Notes on Parallel Computing and GPU Architecture
Parallel Computing Concepts
Definition: Parallel computing allows multiple calculations or processes to be carried out simultaneously, dividing large problems into manageable chunks.
Classification of Parallel Computers
Flynn's Classification (1972):
Based on data and instruction flow.
Coupling Types:
Loosely Coupled: Independent servers connected via a network (e.g., Ethernet) communicating through message passing.
Tightly Coupled: PEs (Processing Elements) share a common main memory, leading to faster communication.
Memory Access Modes
Shared Memory (SM):
All processors access a common global address space.
Access time for memory is consistent across processors (Uniform Memory Access - UMA).
Distributed Shared Memory (DSM):
Local memory access is faster than remote memory.
Characterized by Non-Uniform Memory Access (NUMA). Accessing remote memory can be significantly slower (10 - 1000 times).
Grain Size Classification
Definitions: Refers to the quantum of work a PE does before needing to communicate with another PE.
Types:
Very Fine Grain: Single instruction.
Fine Grain: Corresponds to threads, typically 100 machine instructions.

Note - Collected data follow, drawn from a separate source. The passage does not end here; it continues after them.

//! Origins of rules: `StyleOrigin::Agent < StyleOrigin::Author`.

ghost use Rattle.std.specs.Prelude.{◌≡◌};
ghost use Rattle.html_render_dom_styles.specs.Cascade.{rank_of};

/// The origin of a rule: CSS Cascading and Inheritance Level 3, section 6, "Cascading Origins".
///
/// The order is that of normal declarations: `None`, `Agent`, `User`, `Author`. Among important declarations it is reversed.
#[derive(Clone, Copy, Debug, Default, PartialEq, Eq, PartialOrd)]
pub enum StyleOrigin {
    /// No origin.
    #[default]
    None,
    /// The user agent's rules.
    Agent,
    /// The user's rules.
    User,
    /// The rules of the document's author.
    Author,
}

impl StyleOrigin {
    /// Returns the rank of declarations of this origin, from 0 to 3. Of two declarations of equal importance, the one with
    /// the greater rank wins.
    pub(super) fn rank(self, important: bool) -> u8
        ensures { result ≡ rank_of important self }
    {
        let normal = match self {
            StyleOrigin::None => 0,
            StyleOrigin::Agent => 1,
            StyleOrigin::User => 2,
            StyleOrigin::Author => 3,
        };
        if important { 3 - normal } else { normal }
    }
}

Medium Grain: Corresponds to procedures (subroutines), typically around 1000 instructions.
Coarse Grain: Corresponds to complete programs.
GPUs in Parallel Computing
Definition: A GPU is an electronic circuit optimized for rendering graphics and performing parallel computations.
Key Features:
Able to handle large datasets and parallel processing, used in AI, gaming, and simulations.
Trajectories in Microprocessor Design:
Multicore: Focuses on sequential programs with a few cores.
Manycore: Focuses on throughput with many threads and smaller cores.
Heterogeneous Parallel Computing
Design Philosophy:
CPUs optimize for sequential task performance, whereas GPUs are designed for parallel execution.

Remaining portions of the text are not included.